First, abstention broke all records. More than 60% of the electorate stayed away. It's hard to gauge the cause at a distance. Intimidation? Apathy? Either way, when the number-crunchers had done their job, it turned out that Uribe's 70% of the legislature corresponded to the votes of 24% of the electorate. If only one in four Colombians voted for Uribe (many via the plethora of competing parties scrambling for favours from his gravy-train), where was everyone else? An email from a friend, living in one of Colombia's conflict-torn regions, provides some insight. This is what he said:
"The Farc (Revolutionary Armed Forces of Colombia), are the determining factor in the vote. 97% of the people of this country are in despair with the guerrillas. No one wants anything to do with them. While the kidnapping and the extortion and the military confrontations continue (as the chosen method to confront this tremendous structural social injustice of ours), the people of Colombia will continue voting for the extreme right. They vote for Uribe because they feel he is the only one who stands up to the Farc. But the majority abstains. Because they don't want the war, they won't vote for the extreme right. They don't vote for the Liberals because they don't think they have the guts to mobilise this country against 'terrorism'. And they won't vote for the left because, after seeing 20,000 leftwing leaders die in the last thirty years, they feel the left is too unprotected, or because they feel that this left of ours is not capable of convincing the guerrillas to stop the war and take up the cause of a people who want profound structural changes, but without any more killing. And the rest of us? Those of us who believe we are democrats, those of us who walk the mountains of this country proposing a different solution, none of us have been able to convince the guerrillas that there is another way; that it is hard and demanding and risky but that it exists. And until we manage to open a serious peace process this situation will continue. And there will be no space for a left of creative and audacious and new men and women."In the months before the vote, the Fuerzas Armadas Revolucionarios de Colombia (Revolutionary Armed Forces of Colombia / Farc) went on the rampage. Farc killed soldiers and police, and massacred civilians; it stopped all traffic on the main roads in eleven regions for weeks, rubbishing Uribe's flagship policy (so-called "democratic security"), and made bits of official claims that the army had it on the run; it drove enraged and sickened Colombians to vote for Uribe, to vote again for war.

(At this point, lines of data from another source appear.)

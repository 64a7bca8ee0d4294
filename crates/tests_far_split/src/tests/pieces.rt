//! How often a run calls its writer.

use far_reply::Output;
use far_split::{NoGate, run_split};
use std::alloc::{AllocError, Global};
use std::io;
use std::io::Write;
use std::sync::Wait;
use std::thread::Threads;

/// Takes what it is given, and counts its calls and bytes.
#[derive(Drop)]
struct Counting {
    writes: u64,
    bytes: u64,
}

impl Write for Counting {
    fn write(&mut self, buf: &[u8]) -> io::Result<usize> {
        self.writes = self.writes.saturating_add(1);
        self.bytes = self.bytes.saturating_add(buf.len() as u64);
        Ok(buf.len())
    }

    fn flush(&mut self) -> io::Result<()> {
        Ok(())
    }
}

// `logs` of the largest heap, so many times: each time more than 2,400 bytes of answer.
fn logs_of(alloc: Global, count: u64) -> Result<String, AllocError> {
    let mut text = String::from_str(alloc, "heap 64 8\n")?;
    for _ in 0..count {
        text.push_str("logs\n")?;
    }
    Ok(text)
}

// The writer of a run of such a text. `None` if it doesn't come to its end.
fn counted<R: Threads + Wait + Sync>(rt: &R, alloc: Global, count: u64) -> Option<Counting> {
    let Ok(text) = logs_of(alloc, count) else {
        return None;
    };
    let Ok(mut buffer) = Output::new(alloc) else {
        return None;
    };
    let Ok(told) = run_split(alloc, rt, text.as_bytes(), &NoGate) else {
        return None;
    };
    let mut writer = Counting {
        writes: 0,
        bytes: 0,
    };
    match told.print(&mut buffer, &mut writer) {
        Ok(()) => Some(writer),
        Err(_) => None,
    }
}

// Whether so long an answer is written in so few pieces.
fn is_written_in<R: Threads + Wait + Sync>(rt: &R, alloc: Global, count: u64, most: u64) -> bool {
    match counted(rt, alloc, count) {
        Some(writer) => writer.writes <= most && writer.bytes > count.saturating_mul(2_400),
        None => false,
    }
}

#[test]
fn long_answers_are_written_in_few_pieces(rt: HostRuntime) {
    assert!(rt; is_written_in(&rt, rt.alloc(), 1, 1));
    assert!(rt; is_written_in(&rt, rt.alloc(), 175, 10));
}
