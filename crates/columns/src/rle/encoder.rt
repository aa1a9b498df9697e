// Writing a run column.
ghost use Rattle.std.specs.Prelude.{◌≡◌, ℕ, false, List, [], drop, is_ok, MatchResult, OnOk};
ghost use Rattle.codec.specs.Feed.{Fed, fed};
ghost use Rattle.columns.specs.Came.{coming};
ghost use Rattle.columns.specs.Cut.{written};
ghost use Rattle.columns.specs.Law.{ReadBack};
ghost use Rattle.columns.specs.Machine.{Turn, Sound, to_come};

use crate::rle::flush::{flush_lit_run, flush_null_run, flush_run};
use crate::rle::source::{Entry, Source};
use crate::rle::state::RleState;
use codec::element::{Decodable, Encodable};
use codec::encoding::{Output, SinkRefused};

impl<'a, E: Encodable<'a>, C: Source> RleState<E, C>
where
    C::Entry: Entry<'a, E>,
{
    // To the next state, by the entry that stands at a place. What can grow no more is written. The
    // place is passed with its entry, since to ask there once more would check a text twice.
    fn next<O: Output>(
        self,
        at: C,
        entry: Option<E>,
        out: &mut O,
    ) -> Result<RleState<E, C>, SinkRefused>
        requires { Turn E.Decodable.code E.Decodable.means (coming C.Entry.code C.list) at self entry }
        ensures { let list = coming C.Entry.code C.list in
            let rest = drop 1 (list at) in
            let come = to_come E.Decodable.code E.Decodable.means list in
            let all = fed O.takes O.step (O.state out.old) (come self (list at)) in
            MatchResult result
            (λ s. Sound E.Decodable.code E.Decodable.means list rest s × (fed O.takes O.step (O.state out.new) (come s rest) ≡ all))
            (λ _. all ≡ (false, O.state out.new)) }
    {
        match (self, entry) {
            (RleState::Empty, None) => Ok(RleState::InitialNullRun(1)),
            (RleState::Empty, Some(x)) => Ok(RleState::LoneVal { from: at, last: x }),
            (RleState::InitialNullRun(n), None) => Ok(RleState::InitialNullRun(n + 1)),
            // Not one arm with that of a later null run: tried, and the proof did not close.
            (RleState::InitialNullRun(n), Some(x)) => {
                flush_null_run(out, n)?;
                Ok(RleState::LoneVal { from: at, last: x })
            }
            (RleState::NullRun(n), None) => Ok(RleState::NullRun(n + 1)),
            (RleState::NullRun(n), Some(x)) => {
                flush_null_run(out, n)?;
                Ok(RleState::LoneVal { from: at, last: x })
            }
            (RleState::LoneVal { from, .. }, None) => {
                flush_lit_run(from, out, 1)?;
                Ok(RleState::NullRun(1))
            }
            (RleState::LoneVal { from, last }, Some(x)) => {
                if last.same(&x) {
                    Ok(RleState::Run(x, 2))
                } else {
                    Ok(RleState::LiteralRun {
                        from,
                        count: 2,
                        last: x,
                    })
                }
            }
            (RleState::Run(value, n), None) => {
                flush_run(out, &value, n)?;
                Ok(RleState::NullRun(1))
            }
            (RleState::Run(value, n), Some(x)) => {
                if value.same(&x) {
                    Ok(RleState::Run(value, n + 1))
                } else {
                    flush_run(out, &value, n)?;
                    Ok(RleState::LoneVal { from: at, last: x })
                }
            }
            (RleState::LiteralRun { from, count, .. }, None) => {
                flush_lit_run(from, out, count)?;
                Ok(RleState::NullRun(1))
            }
            (RleState::LiteralRun { from, count, last }, Some(x)) => {
                if last.same(&x) {
                    flush_lit_run(from, out, count - 1)?;
                    Ok(RleState::Run(x, 2))
                } else {
                    Ok(RleState::LiteralRun {
                        from,
                        count: count + 1,
                        last: x,
                    })
                }
            }
        }
    }

    // What is left at the end.
    fn finish<O: Output>(self, out: &mut O) -> Result<(), SinkRefused>
        requires { Sound E.Decodable.code E.Decodable.means (coming C.Entry.code C.list) [] self }
        ensures { Fed O.takes O.step (O.state out.old) (to_come E.Decodable.code E.Decodable.means (coming C.Entry.code C.list) self []) (is_ok result) (O.state out.new) }
    {
        match self {
            RleState::Empty | RleState::InitialNullRun(_) => Ok(()),
            RleState::NullRun(n) => flush_null_run(out, n),
            RleState::LoneVal { from, .. } => flush_lit_run(from, out, 1),
            RleState::Run(value, n) => flush_run(out, &value, n),
            RleState::LiteralRun { from, count, .. } => flush_lit_run(from, out, count),
        }
    }
}

// Writes a list as a run column: one text for every kind, every list and every output. Where nothing
// was refused, what was written is read back as the list.
pub fn write_runs<'a, E: Encodable<'a>, C: Source, O: Output>(
    mut source: C,
    out: &mut O,
) -> Result<(), SinkRefused>
where
    C::Entry: Entry<'a, E>,
    ensures wrote { Fed O.takes O.step (O.state out.old) (written (coming C.Entry.code C.list source)) (is_ok result) (O.state out.new) }
    ensures back { OnOk result (ReadBack E.Decodable.Element E.Decodable.code E.Decodable.reads (coming C.Entry.code C.list source)) }
{
    let mut state = RleState::Empty;
    'turns: loop {
        let at = source;
        let Some(entry) = source.next() else {
            return state.finish(out);
        };
        state = state.next(at, entry.element(), out)?;
    }
}
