// Writing one run.
ghost use Rattle.std.specs.Prelude.{◌≡◌, ℕ, ◌-◌, ◌^◌, ◌<◌, ◌++◌, take, pos, negsuc, is_ok};
ghost use Rattle.codec.specs.Feed.{Fed};
ghost use Rattle.codec.specs.Leb128.{uleb, sleb};
ghost use Rattle.columns.specs.Came.{coming};
ghost use Rattle.columns.specs.Spelled.{spelled};

use crate::rle::source::{Entry, Source};
use codec::element::{Decodable, Encodable};
use codec::encoding::leb128::write_leb128;
use codec::encoding::{Output, SinkRefused};

pub(crate) fn flush_null_run<O: Output>(out: &mut O, len: u64) -> Result<(), SinkRefused>
    ensures { Fed O.takes O.step (O.state out.old) (sleb (pos 0) ++ uleb len) (is_ok result) (O.state out.new) }
{
    write_leb128(out, 0_i64)?;
    write_leb128(out, len)
}

pub(crate) fn flush_run<'a, E: Encodable<'a>, O: Output>(
    out: &mut O,
    value: &E,
    len: u64,
) -> Result<(), SinkRefused>
    requires { len < 2 ^ 63 }
    ensures { Fed O.takes O.step (O.state out.old) (sleb (pos len) ++ E.Decodable.code (E.Decodable.means value.now)) (is_ok result) (O.state out.new) }
{
    write_leb128(out, len as i64)?;
    value.encode(out)
}

// The elements among the next entries, asked for again.
fn write_each<'a, E: Encodable<'a>, C: Source, O: Output>(
    mut source: C,
    out: &mut O,
    count: u64,
) -> Result<(), SinkRefused>
where
    C::Entry: Entry<'a, E>,
    ensures { Fed O.takes O.step (O.state out.old) (spelled (take count (coming C.Entry.code C.list source))) (is_ok result) (O.state out.new) }
{
    for _ in 0..count {
        let Some(entry) = source.next() else {
            return Ok(());
        };
        if let Some(element) = entry.element() {
            element.encode(out)?;
        }
    }
    Ok(())
}

pub(crate) fn flush_lit_run<'a, E: Encodable<'a>, C: Source, O: Output>(
    from: C,
    out: &mut O,
    count: u64,
) -> Result<(), SinkRefused>
where
    C::Entry: Entry<'a, E>,
    requires { (0 < count) × (count < 2 ^ 63) }
    ensures { Fed O.takes O.step (O.state out.old) (sleb (negsuc (count - 1)) ++ spelled (take count (coming C.Entry.code C.list from))) (is_ok result) (O.state out.new) }
{
    write_leb128(out, -(count as i64))?;
    write_each(from, out, count)
}
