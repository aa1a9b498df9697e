// Reading a run column, entry by entry.
ghost use Rattle.std.specs.Prelude.{◌≡◌, true, [], length, take, is_err, IfErr, if◌then◌else◌, OnOk, Err, nat_le};
ghost use Rattle.columns.specs.Ranges.{opening};
ghost use Rattle.columns.specs.Column.{remains, entries, next_by, first, others, none};

use crate::cursor::Cursor;
use crate::fault::ColumnFault;
use crate::range::{Range, RangeRefused};
use crate::rle::RleDecoder;
use crate::rle::header::{read_element, read_header};
use crate::rle::run::{Head, Placed, Run};
use codec::element::Decodable;

impl<'a, E: Decodable<'a>> RleDecoder<'a, E> {
    // A reader at its end.
    pub fn new() -> RleDecoder<'a, E>
        ensures { remains E.reads E.means result ≡ [] }
    {
        RleDecoder {
            cursor: Cursor::new(),
            head: Head::empty(),
        }
    }

    // Goes to the start of a column. Where its range ends beyond the data, all stays as it is.
    // The readers of runs, differences, booleans and bytes each say so of themselves: a trait for the four would
    // say `answer` and `kept` once, but have each caller import it and each impl say what is left.
    pub fn open(&mut self, data: &'a [u8], range: Range) -> Result<(), RangeRefused>
        ensures answer { result ≡ opening (length «data».now) range.end }
        ensures after { remains E.reads E.means self.new ≡ (if nat_le range.end (length «data».now) then entries E.reads (take range.end «data».now) range.start else remains E.reads E.means self.old) }
        ensures kept { is_err result ≡ true → self.new ≡ self.old }
    {
        self.cursor = Cursor::open(data, range)?;
        self.head = Head::empty();
        Ok(())
    }

    // Whether no bytes and no run are left.
    pub fn done(&self) -> bool
        ensures { result ≡ none (remains E.reads E.means self.now) }
    {
        self.head.count == 0 && self.cursor.at_end()
    }

    // Goes to the end.
    pub fn close(&mut self)
        ensures { remains E.reads E.means self.new ≡ [] }
    {
        self.cursor.close();
        self.head.count = 0;
    }

    // The next entry: nothing at the end, and a null or an element before it. After a fault, and
    // after the end, it is the end ever after.
    pub fn next(&mut self) -> Result<Option<Option<Placed<E>>>, ColumnFault>
        ensures answer { next_by E.means result ≡ first (remains E.reads E.means self.old) }
        ensures after { remains E.reads E.means self.new ≡ others (remains E.reads E.means self.old) }
    {
        let next = self.try_next();
        if next.is_err() {
            self.close();
        }
        next
    }

    // The same, where the reader stays at a fault.
    fn try_next(&mut self) -> Result<Option<Option<Placed<E>>>, ColumnFault>
        ensures answer { next_by E.means result ≡ first (remains E.reads E.means self.old) }
        ensures after { OnOk result (remains E.reads E.means self.new ≡ others (remains E.reads E.means self.old)) }
    {
        self.settle()?;
        let Some(run) = self.head.take() else {
            return Ok(None);
        };
        let element = match run {
            Run::Null => return Ok(Some(None)),
            Run::Same(element) => element,
            Run::Literal => {
                let (element, used) = read_element(self.cursor.rest())?;
                self.cursor.step(used);
                element
            }
        };
        Ok(Some(Some(Placed {
            element,
            end: self.cursor.place(),
        })))
    }

    // Reads headers up to a run that is not empty, or the end.
    fn settle(&mut self) -> Result<(), ColumnFault>
        ensures same { (first (remains E.reads E.means self.new) ≡ first (remains E.reads E.means self.old)) × (others (remains E.reads E.means self.new) ≡ others (remains E.reads E.means self.old)) }
        ensures ended { OnOk result (self.new.head.count ≡ 0 → remains E.reads E.means self.new ≡ []) }
        ensures fault { IfErr result (λ f. first (remains E.reads E.means self.old) ≡ Err f) }
    {
        while self.head.count == 0 && !self.cursor.at_end() {
            let (head, used) = read_header(self.cursor.rest())?;
            self.cursor.step(used);
            self.head = head;
        }
        Ok(())
    }
}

There was also an unprecedented one million spoiled ballots, and almost 300,000 blank or protest votes. Confused voters confronting a complicated voting system? Or voter rage and rejection? There were reports of hundreds of ballot-papers scrawled with insults: corruptos, asesinos, paracos (slang for paramilitaries), ladrones (thieves). A million-plus potential voters who, if they participate in the next round, will not be casting ballots for Uribe.
Paramilitaries and politics
Three days after the vote, Karen Hughes, the United States under-secretary of state for diplomacy and public affairs, arrived in Bogotá to congratulate Uribe. Hughes declared that the United States was proud "to be a partner" of Uribe, and characterised the elections as "tremendously successful, lawful and transparent". For the administration of George W Bush, it is understandably important to bolster the image of its only friend in a continent it no longer dominates.
That said, analysts now calculate that in the 12 March legislative vote a high percentage of people, either directly allied with mafias and paramilitaries, or who sympathise with them, won congressional seats in both houses. An advisor on Liberal candidate Horatio Serpa Uribe's team warned that until the new congcess begins to debate the revocation of Colombia's extradition treaty with the United States, all figures should be regarded as speculative.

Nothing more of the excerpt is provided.